新型コロナウイルス対策で「不要不急の外出は控えよ」と言われれば、どうしても家にこもりがちになる。しかしそれはかえって重病を招く危険性がある。

 日本老年医学会は3月13日、次のように注意喚起した。

〈人が多く集まる場所を避けることなどが言われており、家に閉じこもりがちになりますが、高齢者にとっては合わせて「動かないこと(生活不活発)」による健康への影響が危惧されます〉

 そして、特に気をつけるべきリスクをこう指摘した。

〈「生活不活発」によりフレイル(虚弱)が進み、心身や脳の機能が低下していきます〉

 フレイルについて研究する東京都健康長寿医療センター研究所の研究部長・北村明彦氏が解説する。

「フレイルとは加齢などにより運動機能や認知機能が低下する症状を指します。進行すると心不全などの心疾患や脳卒中のリスクが上がったり、がん発生時の死亡率を高める原因になる。

 私たちが行なった平均7年間の追跡調査では、フレイルの人は要介護認定を受ける確率が約2倍高くなり、死亡率も2.2倍上昇するという結果が出ました」

 なぜ家にずっといるとフレイルになりやすいのか。

「家にこもっていると体をあまり動かさないため食欲が進まず栄養不足になり、筋肉量も減少する。これまでできていた運動が困難になり、骨粗鬆症や膝痛、腰痛などの関節疾患とともに転倒や骨折リスクが増え、最終的には寝たきりになってしまいます」(北村氏)

◆座りすぎで死亡リスク32%増

 長時間、家にいるリスクはそれだけではない。

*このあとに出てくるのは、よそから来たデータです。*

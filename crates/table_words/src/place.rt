//! The words of a place: control, callback and source.
ghost use Rattle.std.specs.Prelude.{◌≡◌, ◌≤◌, ◌+◌};
ghost use Rattle.table_words.specs.Stamps.{stamp_of};
ghost use Rattle.table_words.specs.Controls.{control_code, control_written, control_read, callback_written, callback_read, source_written, source_read};
ghost use Rattle.life_rules.specs.Words.{pending};

use crate::halves::{code, pack};
use life_rules::{Bits, CallbackPhase, ControlWord};

/// The first code of a busy word; so many pending are added to it.
const BUSY: u32 = 5;

fn code_of_control(control: ControlWord) -> u32
    requires { pending control + 5 ≤ 4294967295 }
    ensures { result ≡ control_code control }
{
    match control {
        ControlWord::Idle => 0,
        ControlWord::Done => 1,
        ControlWord::ReadyLoop => 2,
        ControlWord::ReadyPool => 3,
        ControlWord::Parked => 4,
        ControlWord::Busy(pending) => BUSY + pending,
    }
}

/// The control word that says so at this generation.
pub fn control_number(generation: u32, control: ControlWord) -> u64
    requires { pending control + 5 ≤ 4294967295 }
    ensures value { result ≡ control_written generation control }
    ensures stamp { stamp_of result ≡ generation }
    ensures control { control_read result ≡ control }
{
    pack(generation, code_of_control(control))
}

/// What a control word says at its generation.
pub fn read_control(word: u64) -> ControlWord
    ensures { result ≡ control_read word }
{
    match code(word) {
        0 => ControlWord::Idle,
        1 => ControlWord::Done,
        2 => ControlWord::ReadyLoop,
        3 => ControlWord::ReadyPool,
        4 => ControlWord::Parked,
        busy => ControlWord::Busy(busy - BUSY),
    }
}

/// The callback word that says so at this generation.
pub fn callback_number(generation: u32, phase: CallbackPhase) -> u64
    ensures value { result ≡ callback_written generation phase }
    ensures stamp { stamp_of result ≡ generation }
    ensures phase { callback_read result ≡ phase }
{
    let code = match phase {
        CallbackPhase::Never => 0,
        CallbackPhase::Armed => 1,
        CallbackPhase::Running => 2,
        CallbackPhase::Ran => 3,
        CallbackPhase::Removed => 4,
    };
    pack(generation, code)
}

/// What a callback word says at its generation.
pub fn read_callback(word: u64) -> CallbackPhase
    ensures { result ≡ callback_read word }
{
    match code(word) {
        0 => CallbackPhase::Never,
        1 => CallbackPhase::Armed,
        2 => CallbackPhase::Running,
        3 => CallbackPhase::Ran,
        _ => CallbackPhase::Removed,
    }
}

/// The source word with these bits at this generation. That of the scope has generation 0.
pub fn source_number(generation: u32, bits: Bits) -> u64
    ensures value { result ≡ source_written generation bits }
    ensures stamp { stamp_of result ≡ generation }
    ensures bits { source_read result ≡ bits }
{
    let requested = if bits.requested { 1 } else { 0 };
    let failed = if bits.failed { 2 } else { 0 };
    let scanned = if bits.scanned { 4 } else { 0 };
    pack(generation, requested + failed + scanned)
}

/// The bits of a source word.
pub fn read_source(word: u64) -> Bits
    ensures { result ≡ source_read word }
{
    let code = code(word);
    Bits {
        requested: code % 2 == 1,
        failed: code / 2 % 2 == 1,
        scanned: code / 4 % 2 == 1,
    }
}
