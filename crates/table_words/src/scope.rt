//! The word of the counting scope (P3149, [exec.scope]).
ghost use Rattle.std.specs.Prelude.{◌≡◌};
ghost use Rattle.table_words.specs.ScopeNumbers.{scope_written, scope_read};

use crate::halves::{code, pack, stamp};
use life_rules::ScopeWord;

/// The number of the scope's word.
pub fn scope_number(word: ScopeWord) -> u64
    ensures value { result ≡ scope_written word }
    ensures reads { scope_read result ≡ word }
{
    let used = if word.used { 1 } else { 0 };
    let closed = if word.closed { 2 } else { 0 };
    let joining = if word.joining { 4 } else { 0 };
    let joined = if word.joined { 8 } else { 0 };
    pack(used + closed + joining + joined, word.count)
}

/// What the scope's word says.
pub fn read_scope(word: u64) -> ScopeWord
    ensures { result ≡ scope_read word }
{
    let flags = stamp(word);
    ScopeWord {
        used: flags % 2 == 1,
        closed: flags / 2 % 2 == 1,
        joining: flags / 4 % 2 == 1,
        joined: flags / 8 % 2 == 1,
        count: code(word),
    }
}
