//! The word of a block.
ghost use Rattle.std.specs.Prelude.{◌≡◌};
ghost use Rattle.table_words.specs.Blocks.{block_written, block_read};

use crate::halves::{code, pack, stamp};
use life_rules::{BlockState, BlockWord};

/// The number of a block's word.
pub fn block_number(word: BlockWord) -> u64
    ensures value { result ≡ block_written word }
    ensures reads { block_read result ≡ word }
{
    let code = match word.state {
        BlockState::Free => 0,
        BlockState::Open => 1,
        BlockState::Retired => 2,
    };
    pack(word.generation, code)
}

/// What a block's word says.
pub fn read_block(word: u64) -> BlockWord
    ensures { result ≡ block_read word }
{
    let state = match code(word) {
        0 => BlockState::Free,
        1 => BlockState::Open,
        _ => BlockState::Retired,
    };
    BlockWord {
        generation: stamp(word),
        state,
    }
}
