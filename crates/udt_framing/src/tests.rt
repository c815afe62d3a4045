// Frames worked by hand, and one stream in every cut.

ghost use Rattle.std.specs.Prelude.{◌≤◌, length};

use crate::{BadFrame, FrameReader, header};
use std::alloc::AllocError;
use std::process::Abort;
use std::test::Fail;

// the header of a file of 28 bytes, and the file
const STREAM: [u8; 40] = [
    0x55, 0x44, 0x54, 0x46, 0, 0, 0, 0, 0, 0, 0, 28, 1, 2, 3, 4, 5, 6, 7, 8, 9, 10, 11, 12, 13, 14,
    15, 16, 17, 18, 19, 20, 21, 22, 23, 24, 25, 26, 27, 0x55,
];

// whether the reader takes a piece and finds these bytes of the file in it
fn finds(reader: &mut FrameReader, piece: &[u8], bytes: &[u8]) -> bool {
    match reader.feed(piece) {
        Ok(found) => found == bytes,
        Err(BadFrame) => false,
    }
}

// whether the reader refuses a piece
fn refuses(reader: &mut FrameReader, piece: &[u8]) -> bool {
    reader.feed(piece).is_err()
}

#[test]
fn reads_a_frame_of_two_bytes_in_three_pieces(rt: HostRuntime) {
    let mut reader = FrameReader::new();
    assert_eq!(rt; reader.length(), None);
    assert!(rt; finds(&mut reader, &[0x55, 0x44], &[]));
    let second = [0x54, 0x46, 0, 0, 0, 0, 0, 0, 0, 2, 0x41];
    assert!(rt; finds(&mut reader, &second, &[0x41]));
    assert_eq!(rt; reader.length(), Some(2));
    assert!(rt; !reader.whole());
    assert!(rt; finds(&mut reader, &[0x42], &[0x42]));
    assert!(rt; reader.whole());
    assert!(rt; finds(&mut reader, &[], &[]));
    assert!(rt; refuses(&mut reader, &[0x43]));
    assert!(rt; refuses(&mut reader, &[]));
    assert!(rt; !reader.whole());
    assert_eq!(rt; reader.length(), Some(2));
    let mut other = FrameReader::new();
    assert!(rt; refuses(&mut other, &[0x58]));
    assert!(rt; refuses(&mut other, &STREAM));
    assert_eq!(rt; other.length(), None);
}

#[test]
fn takes_the_least_and_the_greatest_length(rt: HostRuntime) {
    assert_eq!(rt; header(0), [0x55, 0x44, 0x54, 0x46, 0, 0, 0, 0, 0, 0, 0, 0]);
    assert_eq!(rt;
        header(0x0102),
        [0x55, 0x44, 0x54, 0x46, 0, 0, 0, 0, 0, 0, 1, 2]
    );
    let most = [
        0x55, 0x44, 0x54, 0x46, 255, 255, 255, 255, 255, 255, 255, 255,
    ];
    assert_eq!(rt; header(u64::MAX), most);
    let mut empty = FrameReader::new();
    assert!(rt; finds(&mut empty, &header(0), &[]));
    assert!(rt; empty.whole());
    assert!(rt; refuses(&mut empty, &[0]));
    let mut long = FrameReader::new();
    assert!(rt; finds(&mut long, &most, &[]));
    assert_eq!(rt; long.length(), Some(u64::MAX));
    assert!(rt; finds(&mut long, &STREAM, &STREAM));
    assert!(rt; !long.whole());
}

// the file's bytes of a stream that is fed in three pieces, of which some may be empty
fn fed_in_three(
    rt: &impl Abort,
    out: &mut Vec<u8>,
    stream: &[u8],
    i: usize,
    j: usize,
) -> Result<(), AllocError>
    requires order { i ≤ j }
    requires within { j ≤ length stream.now }
{
    let mut reader = FrameReader::new();
    for piece in [&stream[..i], &stream[i..j], &stream[j..]] {
        out.extend_from_slice(reader.feed(piece).expect(rt, "a piece of a frame"))?;
    }
    assert!(rt; reader.whole(), "cut at {i} and {j}");
    Ok(())
}

#[test]
fn reads_a_frame_in_every_cut(rt: HostRuntime) -> Result<(), Fail> {
    for i in 0..=STREAM.len() {
        for j in i..=STREAM.len() {
            let mut out = Vec::new(rt.alloc());
            fed_in_three(&rt, &mut out, &STREAM, i, j)?;
            assert_eq!(rt; out.as_slice(), &STREAM[12..], "cut at {i} and {j}");
        }
    }
    Ok(())
}
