// Stories of how shared sockets come by a connection.
ghost use Rattle.std.specs.Prelude.{IfSome};
ghost use Rattle.udt_turn.specs.Words.{IsPassOf};

use super::{STREAM, addr_of, deliver, opened, opened_as};
use crate::{EventsSpent, SharedSocket, SocketPass};
use std::alloc::Global;
use std::test::Fail;
use udt_core::{Outs, Socket};
use udt_model::{Cause, Refusal, Shaken};
use udt_outside::FreeGate;
use udt_rate::Native;

const SECRET: [u8; 16] = [7; 16];

// A shared socket with this ID that has no connection, and its first pass.
fn idle(alloc: Global, own: u32) -> Option<(SharedSocket<Native>, SocketPass<Native>)>
    ensures { IfSome result (λ r. IsPassOf r.0.turn r.1) }
{
    let Ok(socket) = Socket::open(alloc, own, 7, STREAM, 0) else {
        return None;
    };
    match SharedSocket::make(alloc, socket.counted(0)) {
        Ok(made) => Some(made),
        Err(_) => None,
    }
}

#[test]
fn a_listener_and_a_client_are_shared(rt: HostRuntime) -> Result<(), Fail> {
    let Some((listener, mut first)) = idle(rt.alloc(), 1) else {
        panic!(rt; "no memory")
    };
    let Some((client, mut second)) = idle(rt.alloc(), 2) else {
        panic!(rt; "no memory")
    };
    let (Ok(mut outs), Ok(mut answers)) = (Outs::new(rt.alloc()), Outs::new(rt.alloc())) else {
        panic!(rt; "no memory")
    };
    assert!(rt; listener.accept(&rt, &mut first, 0) == Err(Refusal::NotListening));
    assert!(rt; listener.listen(&rt, &mut first, 0, 1, SECRET) == Ok(()));
    assert!(rt; listener.listen(&rt, &mut first, 0, 1, SECRET) == Err(Refusal::Connected));
    assert!(rt; client.connect(&rt, &mut second, 0, addr_of(1)) == Ok(()));
    assert!(rt; client.shake(&rt, &mut second, 0) == Ok(Shaken::Waiting));
    // the request, the cookie that answers it, and the request with this cookie
    let ticked = client.tick(&rt, &mut second, 0, &mut outs, &FreeGate);
    assert!(rt; ticked == Ok(()));
    let (server, asker) = (addr_of(1), addr_of(2));
    assert_eq!(rt;
        deliver(
            &rt,
            &listener,
            &mut first,
            1_000,
            asker,
            &outs,
            &mut answers
        ),
        1
    );
    assert_eq!(rt;
        deliver(
            &rt,
            &client,
            &mut second,
            2_000,
            server,
            &answers,
            &mut outs
        ),
        1
    );
    assert_eq!(rt;
        deliver(
            &rt,
            &listener,
            &mut first,
            3_000,
            asker,
            &outs,
            &mut answers
        ),
        1
    );
    // the place that is promised is taken back once
    assert!(rt; listener.accept(&rt, &mut first, 3_000) == Err(Refusal::AgainRecv));
    assert!(rt; listener.withdraw(&rt, &mut first, 3_000) == Ok(()));
    assert!(rt; listener.offer(&rt, &mut first, 3_000, 3) == Ok(false));
    assert_eq!(rt;
        deliver(
            &rt,
            &listener,
            &mut first,
            3_000,
            asker,
            &outs,
            &mut answers
        ),
        1
    );
    assert!(rt; listener.offer(&rt, &mut first, 3_000, 3) == Ok(true));
    assert!(rt; listener.accept(&rt, &mut first, 3_000) == Ok(3));
    // the socket that was made for it answers the request
    let Some((made, mut third)) = opened_as(rt.alloc(), STREAM, 3, 2, 0) else {
        panic!(rt; "no memory")
    };
    assert_eq!(rt;
        deliver(&rt, &made, &mut third, 3_000, asker, &outs, &mut answers),
        1
    );
    assert_eq!(rt;
        deliver(
            &rt,
            &client,
            &mut second,
            4_000,
            server,
            &answers,
            &mut outs
        ),
        1
    );
    assert!(rt; client.shake(&rt, &mut second, 4_000) == Ok(Shaken::Done));
    assert!(rt; client.port_down(&rt, &mut second, 5_000) == Ok(()));
    let lost = client.shake(&rt, &mut second, 5_000);
    assert!(rt; lost == Ok(Shaken::Lost(Cause::PortDown)));
    assert_eq!(rt; listener.look(&mut first).count, 11);
    assert_eq!(rt; client.look(&mut second).count, 8);
    Ok(())
}

#[test]
fn two_shared_sockets_meet(rt: HostRuntime) -> Result<(), Fail> {
    let Some((a, mut first)) = idle(rt.alloc(), 1) else {
        panic!(rt; "no memory")
    };
    let Some((b, mut second)) = idle(rt.alloc(), 2) else {
        panic!(rt; "no memory")
    };
    let (Ok(mut outs), Ok(mut answers)) = (Outs::new(rt.alloc()), Outs::new(rt.alloc())) else {
        panic!(rt; "no memory")
    };
    assert!(rt; a.meet(&rt, &mut first, 0, addr_of(2)) == Ok(()));
    assert!(rt; b.meet(&rt, &mut second, 0, addr_of(1)) == Ok(()));
    assert!(rt; b.meet(&rt, &mut second, 0, addr_of(1)) == Err(Refusal::Connected));
    let ticked = a.tick(&rt, &mut first, 0, &mut outs, &FreeGate);
    assert!(rt; ticked == Ok(()));
    let (here, there) = (addr_of(1), addr_of(2));
    assert_eq!(rt;
        deliver(&rt, &b, &mut second, 1_000, here, &outs, &mut answers),
        1
    );
    assert_eq!(rt;
        deliver(&rt, &a, &mut first, 2_000, there, &answers, &mut outs),
        1
    );
    assert_eq!(rt;
        deliver(&rt, &b, &mut second, 3_000, here, &outs, &mut answers),
        1
    );
    assert!(rt; a.shake(&rt, &mut first, 4_000) == Ok(Shaken::Done));
    assert!(rt; b.shake(&rt, &mut second, 4_000) == Ok(Shaken::Done));
    assert!(rt; a.look(&mut first).count == 4 && b.look(&mut second).count == 5);
    Ok(())
}

#[test]
fn no_socket_comes_by_a_connection_once_its_events_are_spent(rt: HostRuntime) -> Result<(), Fail> {
    let Some((socket, mut pass)) = opened(rt.alloc(), 1, (1 << 55) - 1) else {
        panic!(rt; "no memory")
    };
    let (to, spent) = (addr_of(2), Err(Refusal::EventsSpent));
    assert!(rt; socket.listen(&rt, &mut pass, 1, 1, SECRET) == spent);
    assert!(rt; socket.connect(&rt, &mut pass, 1, to) == spent);
    assert!(rt; socket.meet(&rt, &mut pass, 1, to) == spent);
    assert!(rt; socket.accept(&rt, &mut pass, 1) == Err(Refusal::EventsSpent));
    assert!(rt; socket.shake(&rt, &mut pass, 1) == Err(EventsSpent));
    assert!(rt; socket.offer(&rt, &mut pass, 1, 3) == Err(EventsSpent));
    assert!(rt; socket.withdraw(&rt, &mut pass, 1) == Err(EventsSpent));
    assert!(rt; socket.port_down(&rt, &mut pass, 1) == Err(EventsSpent));
    assert_eq!(rt; socket.at(&pass), 0);
    Ok(())
}
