#[test]
fn a_look_shows_what_another_pass_did_until_passes_run_out(rt: HostRuntime) -> Result<(), Fail> {
    let Some((socket, mut first)) = opened(rt.alloc(), 1, 0) else {
        panic!(rt; "no memory")
    };
    let Ok(mut second) = socket.split(&mut first) else {
        panic!(rt; "no number")
    };
    assert_eq!(rt; split_off(&socket, &mut first, 65_533), 65_533);
    assert_eq!(rt; split_off(&socket, &mut first, 3), 0);
    let look = socket.look(&mut first);
    assert!(rt; look.count == 0 && look.bits == 18);
    assert!(rt; socket.send(&rt, &mut second, 5, b"abcdefgh") == Ok(8));
    assert_eq!(rt; socket.look(&mut first).count, 1);
    assert!(rt; socket.close(&rt, &mut second, 6).is_ok());
    let look = socket.look(&mut first);
    assert!(rt; look.count == 2 && look.bits == 0);
    assert!(rt; socket.at(&first) == 0 && socket.at(&second) == 2);
    socket.join(second, &mut first);
    assert_eq!(rt; socket.at(&first), 2);
    Ok(())
}

#[test]
fn a_socket_that_begins_at_the_last_count_is_spent(rt: HostRuntime) -> Result<(), Fail> {
    let Some((socket, mut pass)) = opened(rt.alloc(), 1, LAST) else {
        panic!(rt; "no memory")
    };
    assert!(rt; socket.send(&rt, &mut pass, 1, b"abc") == Err(Refusal::EventsSpent));
    assert!(rt; socket.look(&mut pass).count == LAST && socket.at(&pass) == 0);
    Ok(())
}

#[test]
fn the_gate_is_called_once_an_event_with_the_turn_held(rt: HostRuntime) -> Result<(), Fail> {
    let Some((socket, mut pass)) = opened(rt.alloc(), 5, 0) else {
        panic!(rt; "no memory")
    };
    let Ok(mut outs) = Outs::new(rt.alloc()) else {
        panic!(rt; "no memory")
    };
    let gate = CountGate {
        id: 5,
        held: Mutex::new(0),
        others: Mutex::new(0),
    };
    assert!(rt; socket.send(&rt, &mut pass, 0, b"abc") == Ok(3));
    assert!(rt; socket.next_moment(&rt, &mut pass) == Some(0));
    assert!(rt; socket.pack(&rt, &mut pass, 0, &mut outs, &gate) == Ok(Packed::Block(19)));
    assert_eq!(rt; outs.len(), 1);
    assert!(rt; socket.tick(&rt, &mut pass, 1, &mut outs, &gate).is_ok());
    let heard = socket.arrive(&rt, &mut pass, 2, addr_of(2), b"abc", &mut outs, &gate);
    assert!(rt; heard.is_ok());
    assert_eq!(rt; socket.look(&mut pass).count, 4);
    assert_eq!(rt; *gate.held.lock(&rt), 3);
    assert_eq!(rt; *gate.others.lock(&rt), 0);
    Ok(())
}

// Sends a byte a thousand times. Most are refused, since no block is free, and each is an event.
fn send_thousand<R: Wait>(
    rt: &R,
    socket: &SharedSocket<Native>,
    mut pass: SocketPass<Native>,
) -> SocketPass<Native>
    requires { IsPassOf socket.now.turn pass }
    ensures { IsPassOf socket.now.turn result }
{
    for now in 0..1000u64 {
        let _ = socket.send(rt, &mut pass, now, b"x");
    }
    pass
}

// Two threads send a thousand times each, and the second pass is joined into the first.
fn send_by_two<R: Threads + Wait + Sync>(
    rt: &R,
    socket: &SharedSocket<Native>,
    first: SocketPass<Native>,
    second: SocketPass<Native>,
) -> SocketPass<Native>
    requires first { IsPassOf socket.now.turn first }
    requires second { IsPassOf socket.now.turn second }
    ensures { IsPassOf socket.now.turn result }
{
    let (mut first, second) = thread::join(
        rt,
        move ||
            requires { IsPassOf socket.now.turn first }
            ensures { IsPassOf socket.entry.now.turn result }
        { send_thousand(rt, socket, first) },
        move ||
            requires { IsPassOf socket.now.turn second }
            ensures { IsPassOf socket.entry.now.turn result }
        { send_thousand(rt, socket, second) },
    );
    socket.join(second, &mut first);
    first
}
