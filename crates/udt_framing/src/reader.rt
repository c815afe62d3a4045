// A reader of a frame that comes in pieces. It keeps counts, and no byte of the file.

use crate::frame::{HEADER_LEN, length_with};
use std::marker::Model;

/// What was fed begins no frame: it doesn't begin with `UDTF`, or a byte follows the length.
#[derive(Clone, Copy, Debug, PartialEq, Eq)]
pub struct BadFrame;

/// A reader of one frame. The caller feeds it what comes, in any pieces, and gets the file's bytes.
#[derive(Drop)]
pub struct FrameReader {
    // the length as far as it was read, the bytes not yet read being 0
    len: u64,
    // the number of bytes of the header that were read
    seen: usize,
    got: u64,
    bad: bool,
}

impl Model for FrameReader {
    ghost use Rattle.std.specs.Prelude.{◌^◌, ◌≤◌, ◌<◌, take};
    ghost use Rattle.udt_framing.specs.Framing.{header_of};
    ghost use Rattle.udt_framing.specs.Readers.{Reading};

    ghost Value = { Reading };

    ghost view = { λ r. record { head = take r.seen (header_of r.len); got = r.got; bad = r.bad } };

    ghost invariant = { λ r. (r.seen ≤ 12) × (r.len < 2 ^ 64) };
}

impl FrameReader {
    ghost use Rattle.std.specs.Prelude.{◌≡◌, ℕ, ◌^◌, ◌<◌, ◌↔◌, [], ◌++◌, List, IsTrue, IsErr, IfOk, OnErr, OnOk, IfSome, IfNone};
    ghost use Rattle.udt_model.specs.Emissions.{IsPrefix};
    ghost use Rattle.udt_framing.specs.Framing.{header_of, BeginsFrame, IsFrame, file_of};
    ghost use Rattle.udt_framing.specs.Readers.{WasFed};

    /// A reader that was fed nothing.
    pub fn new() -> FrameReader
        ensures { WasFed result [] }
    {
        FrameReader {
            len: 0,
            seen: 0,
            got: 0,
            bad: false,
        }
    }

    /// The file's bytes in a piece, as a part of it. BadFrame where what was fed, this piece
    /// included, begins no frame, and from then on at each piece.
    pub fn feed<'a>(&mut self, piece: &'a [u8]) -> Result<&'a [u8], BadFrame>
        ensures next { (fed : List ℕ) → WasFed self.old fed → WasFed self.new (fed ++ piece.now) }
        ensures begins { (fed : List ℕ) → WasFed self.old fed → OnOk result (BeginsFrame (fed ++ piece.now)) }
        ensures value { (fed : List ℕ) → WasFed self.old fed
            → IfOk result (λ bytes. file_of (fed ++ piece.now) ≡ file_of fed ++ bytes.now) }
        ensures refused { (fed : List ℕ) → WasFed self.old fed
            → OnErr result (¬ BeginsFrame (fed ++ piece.now)) }
        ensures err { OnErr result (IsTrue self.new.bad) }
        ensures for_good { IsTrue self.old.bad → IsErr result }
    {
        if self.bad {
            return Err(BadFrame);
        }
        let (first, bytes) = piece.split_at(piece.len().min(HEADER_LEN - self.seen));
        let Some(len) = length_with(self.len, self.seen, first) else {
            self.bad = true;
            return Err(BadFrame);
        };
        self.len = len;
        self.seen += first.len();
        let count = bytes.len() as u64;
        if u128::from(self.got) + u128::from(count) > u128::from(len) {
            self.bad = true;
            return Err(BadFrame);
        }
        self.got += count;
        Ok(bytes)
    }

    /// The length that the header tells. None before the header was fed, and where none begins it.
    pub fn length(&self) -> Option<u64>
        ensures some { (fed : List ℕ) → WasFed self.now fed
            → IfSome result (λ len. IsPrefix (header_of len) fed) }
        ensures none { (fed : List ℕ) (len : ℕ) → WasFed self.now fed → len < 2 ^ 64
            → IfNone result (¬ IsPrefix (header_of len) fed) }
    {
        if self.seen < HEADER_LEN {
            return None;
        }
        Some(self.len)
    }

    /// Whether what was fed is the whole frame of a file.
    pub fn whole(&self) -> bool
        ensures { (fed : List ℕ) → WasFed self.now fed → (IsTrue result ↔ IsFrame fed) }
    {
        !self.bad && self.seen == HEADER_LEN && self.got == self.len
    }
}
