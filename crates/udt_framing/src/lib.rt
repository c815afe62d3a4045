//! How a file is framed when it is sent, and a reader of a frame that comes in pieces.
#![tactic(auto)]

mod frame;
mod reader;
#[cfg(test)]
mod tests;

pub use frame::header;
pub use reader::{BadFrame, FrameReader};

「座りすぎ」も病気の原因になる。WHO(世界保健機関)は2011年、「“座って動かない生活”は肥満や糖尿病、高血圧、がんなどの病気を誘発し、世界で年間200万人の死因になっている」と発表した。北村氏が解説する。

「体のなかでいちばん大きな筋肉は太股にある大腿四頭筋ですが、長期間座ったままでいるとこの筋肉がまったく動かず、全身の血液循環が悪くなる。

 その結果、血管が詰まりやすくなり、高血圧や動脈硬化が進みます。エコノミークラス症候群と同様、血栓ができやすくなることで、肺塞栓や脳卒中など他のさまざまな病気の引き金にもなります」

 オーストラリアのシドニー大学は2012年、45歳以上の22万人の男女を3年以上追跡し、「座っている時間」と「死亡リスク」の関係を調べた研究結果を発表した。1日11時間以上座っている人は、4時間未満の人に比べて、死亡リスクが男性で32%、女性では62%も高まったという。

 さらに「テレビの見すぎ」も危険だ。英科学誌サイエンティフィック・リポーツに掲載された論文によると、英国の研究チームが、50歳以上の男女約3600人を対象に単語記憶テストを実施。1日当たりのテレビ視聴時間と認知機能との関係を調査した。6年間の間隔を空けてテストを行なうと、テレビの視聴時間が1日平均3.5時間以上の人は、3.5時間未満の人に比べて、著しく記憶力が低下していたという。

「テレビを見ることで受動的な情報は得られますが、自分で物事を考えていないので脳はあまり使っていない。そのため視聴し続けると、脳の中の記憶を司る領域の活動が落ち、徐々に認知機能が衰える。さらにテレビ漬けの生活で人と会話しないことも脳の機能低下を招き、認知症につながります」(北村氏)

 他人と交流しないことの健康リスクはデータでも裏付けられている。健康長寿の研究を行なうJAGES(日本老年学的評価研究)プロジェクトが、65歳以上の高齢者約1万2000人を対象に調査したところ、同居以外の人との交流が週1回未満の場合、要介護2以上になるリスクが1.4倍、認知症の発症リスクが1.39倍になったという。

 自宅に居続けることのリスクは、想像以上に高いのである。

 とはいえ、積極的に外出して新型コロナへの感染リスクを高めるわけにもいかない。北村氏が勧めるのは、自宅でできるストレッチや体操だ。

「ふくらはぎは“第二の心臓”といわれます。かかとの上げ下ろしをしてふくらはぎの筋肉を動かすと、血行が良くなると同時に筋トレにもなります。1セット10〜20回を2セットくらい行なえば十分でしょう。椅子に座った状態で、ゆっくり立ち上がったり座ったりを繰り返すスクワットも効果的です」(北村氏)

 また、家にいても「外とつながること」は可能だ。

「離れた家族や友人との電話の回数を増やしたり、メールのやりとりをすることで、脳の活性化につながるとともに、心の健康を保つことにも役立ちます。高齢の親がいる人は、いつもより多めに連絡してあげることを心がけましょう」(北村氏)

“自宅待機”生活を健康的に過ごしたい。